Nalcor Energy
- Type: Crown Corporation
- Industry: Energy
- Founded: 2007 in St. John's, NL
- Defunct: 2021
- Fate: Folded into Newfoundland and Labrador Hydro
- Headquarters: St. John's, NL, Canada
- Key people: Stan Marshall (President & CEO) Brendan Paddick (Chair of the Board)
- Revenue: Can$1 Billion (2019)
- Operating income: Can$132 Million (2018)
- Total assets: Can$19.3 Billion (2018)
- Owner: Government of Newfoundland and Labrador
- Website: www.nalcorenergy.com

= Nalcor Energy =

Defunct provincial energy corporation

Nalcor Energy was an energy corporation headquartered in St. John's, Newfoundland and Labrador. A provincial Crown corporation under the Government of Newfoundland and Labrador, Nalcor Energy was created in 2007 to manage the province's energy resources.

The company had distinct business lines comprising Newfoundland and Labrador Hydro, the Churchill Falls (Labrador) Corporation, the Lower Churchill Project, energy marketing, oil and gas development, and The Bull Arm Fabrication Site.

On June 23, 2021, Premier Andrew Furey announced Nalcor Energy would be dismantled and folded into NL Hydro, previously a subsidiary of Nalcor.

== Operations ==

=== Hydro ===

Newfoundland and Labrador Hydro, commonly shortened to "Hydro", was originally a subsidiary of Nalcor, generating and delivering electricity for Newfoundland and Labrador, as well as parts of Quebec and the north-eastern United States.

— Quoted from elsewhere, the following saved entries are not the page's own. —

// The columns of a query.
//
// Typing is not asked again. Its tables hold no two columns of one name, and the program's may, so the engine finds
// kinds by resolving (`resolve` gives them) and shares them by typing's own step (`share_kinds`).
ghost use Rattle.std.specs.List.{AllByRecursion};
ghost use Rattle.std.specs.Prelude.{◌≡◌, fold, length, map, zip, IfOk, OnOk};
ghost use Rattle.sql_tree.specs.View.{item_tree, select_tree, value_tree};
ghost use Rattle.sql_check_parts.specs.Queries.{beside, item_kind, kinds_of, shared_kinds, value_kind};
ghost use Rattle.sql_check_parts.specs.Scopes.{or_null};
ghost use Rattle.sql_meaning.specs.Tables.{column_entry};
ghost use Rattle.sql_from.specs.FromTables.{from_given};
ghost use Rattle.sql_from.specs.Held.{tables_held};
ghost use Rattle.sql_check_laws.specs.Selects.{IsSelectTyped};
ghost use Rattle.sql_exec.specs.Items.{HasCallKind, IsKindKnown};

use crate::window_kinds::window_kind;
use sql_check_parts::or_null;
use sql_check_queries::{all_some, join_source, share_kinds};
use sql_eval::{Level, Names, resolve};
use sql_from::{FromTables, Given, Sources};
use sql_tree::{Item, ItemValue, Select};
use std::alloc::{AllocError, Global};
use vtl_cell::Kind;
use vtl_decimal::Profile;
use vtl_rows::Column;

// The kind of an item.
fn value_kind<N: Names>(
    alloc: Global,
    p: &Profile,
    names: &N,
    value: &ItemValue,
) -> Result<Kind, AllocError>
    requires { HasCallKind (N.scope names.now) (value_tree value.now) }
    ensures { IfOk result (λ kind. kind ≡ value_kind (N.scope names.now) (value_tree value.now)) }
{
    match value {
        ItemValue::Expr(e) => Ok(resolve(alloc, p, names, &Level::Rows, e)?.kind),
        ItemValue::Window(window) => Ok(window_kind(names, window)),
    }
}

// The kinds of items.
fn item_kinds<N: Names>(
    alloc: Global,
    p: &Profile,
    names: &N,
    items: &[Item],
) -> Result<Vec<Kind>, AllocError>
    requires { AllByRecursion (IsKindKnown (N.scope names.now)) (map item_tree items.now) }
    ensures { IfOk result (λ v. v.items ≡ map (item_kind (N.scope names.now)) (map item_tree items.now)) }
{
    let mut kinds = Vec::with_capacity(alloc, items.len())?;
    for item in items {
        kinds.push(value_kind(alloc, p, names, &item.value)?)?;
    }
    Ok(kinds)
}

// The kinds of the items of a select.
fn select_kinds(
    alloc: Global,
    p: &Profile,
    tables: &Given<'_>,
    from: &FromTables<'_>,
    select: &Select,
) -> Result<Vec<Kind>, AllocError>
    requires typed { IsSelectTyped p.now (tables_held tables.now) (select_tree select.now) }
    requires from { from.now ≡ from_given tables.now (select_tree select.now) }
    ensures { IfOk result (λ v. v.items ≡ kinds_of (tables_held tables.now) (select_tree select.now)) }
{
    let joins = select.joins.as_slice();
    let mut sources = Sources::over(alloc, tables).with(&select.from, from.at(0))?;
    for place in 0..joins.len() {
        let source = join_source(&joins[place]);
        sources = sources.with(source, from.at(place + 1))?;
    }
    item_kinds(alloc, p, &sources, select.items.as_slice())
}

// Shares kinds with those of further selects.
fn share_others(
    alloc: Global,
    p: &Profile,
    tables: &Given<'_>,
    from: &[FromTables<'_>],
    shared: &mut [Option<Kind>],
    others: &[Select],
) -> Result<(), AllocError>
    requires typed { AllByRecursion (IsSelectTyped p.now (tables_held tables.now)) (map select_tree others.now) }
    requires from { from.now ≡ map (from_given tables.now) (map select_tree others.now) }
    ensures { OnOk result (shared.new ≡ fold (λ kinds other. beside kinds (kinds_of (tables_held tables.now) other)) shared.old (map select_tree others.now)) }
{
    for i in 0..others.len() {
        let kinds = select_kinds(alloc, p, tables, &from[i], &others[i])?;
        share_kinds(shared, &kinds);
    }
    Ok(())
}

// The kinds that are shared; that of null where there is none.
fn known_kinds(alloc: Global, shared: &[Option<Kind>]) -> Result<Vec<Kind>, AllocError>
    ensures { IfOk result (λ v. v.items ≡ map or_null shared.now) }
{
    let mut kinds = Vec::with_capacity(alloc, shared.len())?;
    for kind in shared {
        kinds.push(or_null(*kind))?;
    }
    Ok(kinds)
}

/// The kinds that the items of all selects share, by their places; that of null where there is none. It fails only if
/// memory runs out.
pub(crate) fn query_kinds(
    alloc: Global,
    p: &Profile,
    tables: &Given<'_>,
    from: &[FromTables<'_>],
    selects: &[Select],
) -> Result<Vec<Kind>, AllocError>
    requires typed { AllByRecursion (IsSelectTyped p.now (tables_held tables.now)) (map select_tree selects.now) }
    requires from { from.now ≡ map (from_given tables.now) (map select_tree selects.now) }
    ensures { IfOk result (λ v. v.items ≡ map or_null (shared_kinds (tables_held tables.now) (map select_tree selects.now))) }
{
    let Some((first, others)) = selects.split_first() else {
        return Ok(Vec::new(alloc));
    };
    let Some((from_first, from_others)) = from.split_first() else {
        return Ok(Vec::new(alloc));
    };
    let kinds = select_kinds(alloc, p, tables, from_first, first)?;
    let mut shared = all_some(alloc, &kinds)?;
    share_others(alloc, p, tables, from_others, &mut shared, others)?;
    known_kinds(alloc, &shared)
}

/// Columns with the names of items, of these kinds. It fails only if memory runs out.
pub(crate) fn named_columns(
    alloc: Global,
    items: &[Item],
    kinds: &[Kind],
) -> Result<Vec<Column>, AllocError>
    requires { length kinds.now ≡ length items.now }
    ensures { IfOk result (λ v. map column_entry v.items ≡ zip (map (λ item. item.name) items.now) kinds.now) }
{
    let mut columns = Vec::with_capacity(alloc, items.len())?;
    for i in 0..items.len() {
        columns.push(Column {
            name: items[i].name.share()?,
            kind: kinds[i],
        })?;
    }
    Ok(columns)
}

It also delivers voice and data telecommunications services to customers in some areas.

Hydro itself is the parent company of the Hydro Group of Companies, which comprises:
- Churchill Falls Labrador Corporation Limited (CFLCo)
- Lower Churchill Development Corporation Limited (LCDC)
- Gull Island Power Company Limited (GIPCo)
- Twin Falls Power Corporation Limited (TwinCo)

=== Churchill Falls Generating Station ===

Churchill Falls Generating Station is one of the largest underground powerhouses in the world. The plant has 11 turbines with a rated capacity of 5,428 megawatts. Nalcor controlled a 65.8% share of the Churchill Falls Labrador Corporation Limited, the owner of the Churchill Falls station while Quebec's government-owned utility, Hydro-Québec, owns the remaining shares.

=== Lower Churchill Project ===

The Lower Churchill Project is a planned project to develop the remaining 35% of the Churchill River, that has not already been developed by the Upper Churchill Falls Generating Station. The Lower Churchill's two installations at Gull Island and Muskrat Falls will have a combined capacity of over 3,000 MW.

=== Oil and Gas ===
Nalcor Energy's Oil and Gas division held and managed oil and gas interests in the Newfoundland and Labrador onshore and offshore oil developments. The company is currently a partner in three offshore developments - the Hebron oil field, the White Rose Growth Project and the Hibernia Southern Extension. A $20 million onshore drilling exploration program in Parsons Pond in western Newfoundland is also being operated by Nalcor - Oil and Gas.

=== Bull Arm Fabrication ===
The Bull Arm Fabrication site was developed in the early 1990s and is Atlantic Canada's largest industrial fabrication site. The site is located 150 kilometres west of St. John's, Newfoundland and Labrador. The Hibernia oil field's gravity base structure was constructed at the site, as well work on the two Floating Production Storage and Offloading (FPSO) vessel's for the Terra Nova oil field and the White Rose oil field were done here.